What I think you can do is influence policy with these kinds of models. You can understand how the fire works and what would happen under certain conditions.

And perhaps it is also about training. People who manage these really huge fires probably only see one or two of them in their lifetime. In the longer term, I think you could probably use this to help train people. We could simulate fires on a particular day and in a particular location. You could say, "Okay, this is what is going to happen. Can we set up a training program, can we get people to simulate what is going to happen and simulate their response?"

The other area where I think it probably has application is in fuel management. An agency might say, "Okay, we need to reduce the fuel in this area. We need to do some burning tomorrow." We could make a forecast of what the fire will do in this particular area, so you don't have any rude shocks awaiting you.

One of the things we are really aiming at is to be able to say things about intense fires. The sorts of fires where you can't go out and light it safely and then have people practice on it to get experience. It's in the really big ones, which only come along every so often, that people don't have the experience. You don't know quite what is going to happen. That is what we want to be able to simulate accurately, and that is why what we're doing is so different to things that have been done in the past.

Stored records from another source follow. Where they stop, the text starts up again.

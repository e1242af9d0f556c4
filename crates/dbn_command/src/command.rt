use dbn_value::{Members, Row, Value};

/// The greatest number of members of a group.
pub const MAX_MEMBERS: usize = 4096;

/// What a line asks for. Transitions, places and relations are numbered from 0 in order of declaration.
#[derive(Debug, Drop)]
pub enum Command {
    /// Nothing: the line is blank or a comment, and has no reply.
    Blank,
    /// The rows that enable the transition.
    Bindings(usize),
    /// A firing of the transition, with the values of its bound and then of its asked variables.
    Fire(usize, Row<Value>),
    /// Firings one after the other, all or none: 1 to 4,096 of them.
    Group(Members),
    /// What the place shows.
    Marking(usize),
    /// The rows of the relation.
    Facts(usize),
    /// A checkpoint of the folder.
    Checkpoint,
}
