//! A law of commands, as the contract of a function that does nothing.

ghost use Rattle.std.specs.Prelude.{◌≡◌, Bool, List, Ok};
ghost use Rattle.dbn_net.specs.declared.decl.Decl.{Decl};
ghost use Rattle.dbn_net.specs.WellFormed.{WellFormed};
ghost use Rattle.dbn_command.specs.declared.command.Command.{Command as OneCommand};
ghost use Rattle.dbn_command.specs.Lines.{asked};
ghost use Rattle.dbn_command.specs.Canonical.{line_of, IsCommand};

/// The canonical line of each command of a net is read again as this command.
pub fn canonical_lines_are_read_again()
    ensures { (net : List Decl) (folder : Bool) (command : OneCommand) → WellFormed net → IsCommand net folder command
        → asked net folder (line_of net command) ≡ Ok command }
{}
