// Steps along the bytes of a text: its next unread byte, and where white space or a run of the bytes of words ends.
#![tactic(auto)]

ghost use Rattle.std.specs.Prelude.{◌≡◌, ◌+◌, ◌≤◌, length, drop, unwrap_or};
ghost use Rattle.std.specs.List.{prefix_len};
ghost use Rattle.name.specs.Word.{word_byte};
ghost use Rattle.declaration_spelling.specs.Token.{is_space};
ghost use Rattle.declaration_bytes.specs.Unread.{end_of_text, next_of, run_of};

// The next unread byte, or none at the end of the text.
pub fn next_unread(text: &[u8], at: usize) -> Option<u8>
    ensures { unwrap_or result end_of_text ≡ next_of (drop at text.now) }
{
    text.get(at).copied()
}

// Whether a byte is white space: space, tab, CR or LF.
#[tactic(auto, unfolding(declaration_spelling::specs::Token::is_space))]
fn is_space(byte: u8) -> bool
    ensures { result ≡ is_space byte }
{
    matches!(byte, b' ' | b'\t' | b'\r' | b'\n')
}

// How many bytes of white space stand at the start of a text.
fn spaces(text: &[u8]) -> usize
    ensures run { result ≡ prefix_len is_space text.now }
    ensures within { result ≤ length text.now }
{
    text.iter().take_while(|b| is_space(**b)).count()
}

// How many bytes of words stand at the start of a text.
fn word_bytes(text: &[u8]) -> usize
    ensures run { result ≡ prefix_len word_byte text.now }
    ensures within { result ≤ length text.now }
{
    let classes = name::class_table();
    text.iter()
        .take_while(|b| name::in_word(&classes, **b))
        .count()
}

// The first place from `at` on that holds no white space.
pub fn skip_spaces(text: &[u8], at: usize) -> usize
    requires { at ≤ length text.now }
    ensures { (result ≡ at + run_of is_space (drop at text.now)) × (result ≤ length text.now) }
{
    at + spaces(&text[at..])
}

// The first place from `at` on that holds no byte of words.
pub fn skip_word(text: &[u8], at: usize) -> usize
    requires { at ≤ length text.now }
    ensures { (result ≡ at + run_of word_byte (drop at text.now)) × (result ≤ length text.now) }
{
    at + word_bytes(&text[at..])
}
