// Tests of the acceptance call. Each case writes a line: 1 for yes, 0 for no, else the number of the refusal.
#![tactic(auto)]

use intake_word::{Acceptance, accepts_word};
use model::{Chain, Model};
use std::io;

fn line(answer: Acceptance) -> u8 {
    match answer {
        Acceptance::Yes => 1,
        Acceptance::No => 0,
        Acceptance::Refused(refusal) => refusal::number(refusal),
    }
}

fn show(rt: &impl Print, answer: Acceptance) -> io::Result<()> {
    let n = line(answer);
    println!(rt; "{n}")
}

// A chain of three names, a, b, k, with the factor of each and the modes of three factors.
fn chain_of(count: usize, a: u8, b: u8, k: u8, first: u8, second: u8, third: u8) -> Chain {
    let mut m = Chain {
        count,
        factor: [255u8; 64],
        mode: [0u8; 64],
    };
    m.factor[0] = a;
    m.factor[1] = b;
    m.factor[2] = k;
    m.mode[0] = first;
    m.mode[1] = second;
    m.mode[2] = third;
    m
}

// A record with a text byte.
fn with_text(chain: Chain, text: u8) -> Model {
    Model { chain, text }
}

// A record of three names without text.
fn record_of(count: usize, a: u8, b: u8, k: u8, first: u8, second: u8, third: u8) -> Model {
    with_text(chain_of(count, a, b, k, first, second, third), 0)
}

// (a?,k*,b?)
fn sample() -> Model {
    record_of(3, 0, 2, 1, 1, 3, 1)
}

// Words of (a?,k*,b?).
fn optional_words(rt: &impl Print) -> io::Result<()> {
    let m = sample();
    show(rt, accepts_word(3, m, b""))?;
    show(rt, accepts_word(3, m, b"\x00\x02\x02\x01"))?;
    show(rt, accepts_word(3, m, b"\x02\x02\x01"))?;
    show(rt, accepts_word(3, m, b"\x01"))?;
    show(rt, accepts_word(3, m, b"\x02\x00"))?;
    show(rt, accepts_word(3, m, b"\x00\x00"))?;
    show(rt, accepts_word(3, m, b"\x01\x00"))
}

// Words of (a,k+), and of EMPTY.
fn plain_words(rt: &impl Print) -> io::Result<()> {
    let m = record_of(2, 0, 255, 1, 0, 2, 0);
    show(rt, accepts_word(3, m, b"\x00\x02"))?;
    show(rt, accepts_word(3, m, b"\x00\x02\x02"))?;
    show(rt, accepts_word(3, m, b""))?;
    show(rt, accepts_word(3, m, b"\x00"))?;
    show(rt, accepts_word(3, m, b"\x02"))?;
    show(rt, accepts_word(3, m, b"\x00\x00\x02"))?;
    show(rt, accepts_word(3, m, b"\x00\x02\x01"))?;
    let none = record_of(0, 255, 255, 255, 0, 0, 0);
    show(rt, accepts_word(3, none, b""))?;
    show(rt, accepts_word(3, none, b"\x00"))
}

// Words at their limits: 255 names, 256, and numbers not below 3.
fn word_limits(rt: &impl Print) -> io::Result<()> {
    let m = sample();
    let long = [2u8; 256];
    show(rt, accepts_word(3, m, &long[..255]))?;
    show(rt, accepts_word(3, m, &long))?;
    show(rt, accepts_word(3, m, b"\x03"))?;
    show(rt, accepts_word(3, m, b"\x00\xff"))
}

// Counts of names at their limits.
fn count_limits(rt: &impl Print) -> io::Result<()> {
    let m = sample();
    show(rt, accepts_word(64, m, b"\x3f"))?;
    show(rt, accepts_word(64, m, b"\x02"))?;
    show(rt, accepts_word(65, m, b"\x02"))?;
    show(rt, accepts_word(0, m, b""))?;
    show(rt, accepts_word(65537, m, b"\x02"))
}

// Records that are no chain over three names.
fn bad_records(rt: &impl Print) -> io::Result<()> {
    // F above 64, and above what the factors use.
    show(rt, accepts_word(3, record_of(65, 0, 2, 1, 1, 3, 1), b""))?;
    show(rt, accepts_word(3, record_of(4, 0, 2, 1, 1, 3, 1), b""))?;
    // An empty factor, a value from F on, and 254.
    show(rt, accepts_word(3, record_of(3, 0, 2, 0, 1, 3, 1), b""))?;
    show(rt, accepts_word(3, record_of(2, 0, 2, 1, 1, 3, 0), b""))?;
    show(rt, accepts_word(3, record_of(2, 0, 1, 254, 1, 3, 0), b""))?;
    // A number from N on that a factor holds.
    show(rt, accepts_word(2, sample(), b""))?;
    // A mode above 3, and one from F on that is not 0.
    show(rt, accepts_word(3, record_of(3, 0, 2, 1, 1, 4, 1), b""))?;
    show(rt, accepts_word(3, record_of(2, 0, 0, 1, 1, 3, 1), b""))
}

// The last places of a record.
fn last_places(rt: &impl Print) -> io::Result<()> {
    let mut factor = chain_of(3, 0, 2, 1, 1, 3, 1);
    factor.factor[63] = 0;
    show(rt, accepts_word(63, with_text(factor, 0), b""))?;
    show(rt, accepts_word(64, with_text(factor, 0), b"\x3f\x02"))?;
    let mut mode = chain_of(3, 0, 2, 1, 1, 3, 1);
    mode.mode[63] = 1;
    show(rt, accepts_word(3, with_text(mode, 0), b""))
}

// Words of (#PCDATA) and of (#PCDATA|a|k)*: text makes no difference to child names.
fn text_words(rt: &impl Print) -> io::Result<()> {
    let none = with_text(chain_of(0, 255, 255, 255, 0, 0, 0), 1);
    show(rt, accepts_word(3, none, b""))?;
    show(rt, accepts_word(3, none, b"\x00"))?;
    let mixed = with_text(chain_of(1, 0, 255, 0, 3, 0, 0), 1);
    show(rt, accepts_word(3, mixed, b""))?;
    show(rt, accepts_word(3, mixed, b"\x02\x00\x00\x02"))?;
    show(rt, accepts_word(3, mixed, b"\x01"))
}

// Text bytes that do not fit: 2, 255, and 1 with a mode below 3 or with two factors.
fn text_limits(rt: &impl Print) -> io::Result<()> {
    let mixed = chain_of(1, 0, 255, 0, 3, 0, 0);
    show(rt, accepts_word(3, with_text(mixed, 2), b""))?;
    show(rt, accepts_word(3, with_text(mixed, 255), b""))?;
    show(
        rt,
        accepts_word(3, with_text(chain_of(1, 0, 255, 0, 2, 0, 0), 1), b"\x00"),
    )?;
    show(
        rt,
        accepts_word(3, with_text(chain_of(1, 0, 255, 255, 0, 0, 0), 1), b"\x00"),
    )?;
    show(
        rt,
        accepts_word(3, with_text(chain_of(2, 0, 255, 1, 3, 3, 0), 1), b""),
    )?;
    show(
        rt,
        accepts_word(3, with_text(chain_of(2, 0, 255, 1, 3, 3, 0), 0), b""),
    )
}

// Of two refusals the first of 3, 10, 11 is given.
fn order(rt: &impl Print) -> io::Result<()> {
    let bad = record_of(4, 0, 2, 1, 1, 3, 1);
    show(rt, accepts_word(65, bad, b"\xff"))?;
    show(rt, accepts_word(0, sample(), b"\xff"))?;
    show(rt, accepts_word(3, bad, b"\xff"))?;
    show(rt, accepts_word(3, sample(), b"\xff"))
}

fn main(rt: HostRuntime) -> io::Result<()> {
    optional_words(&rt)?;
    plain_words(&rt)?;
    word_limits(&rt)?;
    count_limits(&rt)?;
    bad_records(&rt)?;
    last_places(&rt)?;
    order(&rt)?;
    text_words(&rt)?;
    text_limits(&rt)
}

Photo 3 of Michael ReederIn the past people have gone out and lit fires, observed them and taken measurements, then produced a statistical model. That is fine, and they've been quite successful, too, but what about those cases where you can't go and take observations because you don't know what is going to happen?

By getting away from only basing our understanding on observations, we can use these mathematical tools to ask questions about things we haven't observed yet. More intense fires, for example.

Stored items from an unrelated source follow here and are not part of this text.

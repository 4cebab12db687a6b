// The label that a line has in a column, and the rows that have one.
#![tactic(auto)]

ghost use Rattle.std.specs.Prelude.{min, length, ◌≡◌};
ghost use Rattle.labels.specs.Labels.{hits_to, labelled, last_to};
ghost use Rattle.line_fields.specs.Fields.{field_in};

use asking::pieces::{bytes_of, part};
use line_fields::field_of;
use text_lines::line_from;

// The label in a line.
pub fn label_in(line: &[u8], column: usize) -> &[u8]
    ensures { result.now ≡ field_in line.now column }
{
    match field_of(line, column) {
        Some(spot) => bytes_of(line, spot),
        None => part(line, 0, 0),
    }
}

// How many rows have a label, and the last of them. Both are told where a question names a label that several rows have, so that this is no Result.
#[derive(Clone, Copy)]
pub struct Hits {
    pub count: usize,
    pub row: usize,
}

// Looks in the lines that start at these places for a label in a column.
pub fn find_label(t: &[u8], starts: &[u32], n: usize, column: usize, label: &[u8]) -> Hits
    ensures { (result.count ≡ hits_to (labelled t.now starts.now column label.now) (min n (length starts.now)))
        × (result.row ≡ last_to (labelled t.now starts.now column label.now) (min n (length starts.now))) }
{
    let mut hits = Hits { count: 0, row: 0 };
    for i in 0..n.min(starts.len()) {
        if label_in(line_from(t, starts[i]), column) == label {
            hits = Hits {
                count: hits.count + 1,
                row: i,
            };
        }
    }
    hits
}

When we have a very hot region, the atmosphere heats, and hot air rises and produces its own winds. There is the effect of actually burning the fuel, but also the effect of the air flow, and in some instances you can generate a tornado.

It's like generating a vortex in your bath. If the water is sucked down the drain, and they produce this vortex, here we've got the air rising very rapidly producing a similar upside version.

That could happen. With a vortex, you get a jet of flame bursting forward, the height of pine trees. We're looking at almost a 100-foot flame. That's a possibility. This is a very extreme example, but this sort of thing happens all the time on a much smaller scale in fires. This is how fires spread.

What can happen is that as the fire reacts with the wind, it produces two little vortices on either flank of the fire. The wind field is pushing the central part of the fire faster than it would otherwise be going. What is taking shape is really an interaction between the fire and the background wind. That is why it's so important to have models of fires that are coupled to the atmosphere. It is not just a one way thing, a model of a fire. It's a fire and the atmosphere coupling together.

When two fires collide, you do get a more intense fire. One of the things we would like to do is light two fires and look at the interaction. We can look at a fire that is propagating along and you might decide to do some back burning, and under what circumstances will that second fire that you've deliberately lit be drawn into the original fire, which happens occasionally.

The only fires I've ever been involved with are ones that have been deliberately lit, that is experimental fires. I've seen video of fires taken by volunteers, and you can imagine they must be very frightening. It probably depends on people's backgrounds. I find it interesting from an environmental/physical/mathematical perspective. I'm interested in how the world works, but I'm even more interested in how the world works when it affects people. I guess it is that combination.

Working on this kind of project, you do have an emotional response, although it's obviously not the same response as someone who has lived through a bushfire. Someone who has lived through a bushfire where it's really affected them and burned their house down and injured their family - that's a very different experience from someone who is writing mathematical theories on these things. But you do have an emotional response, that's for sure.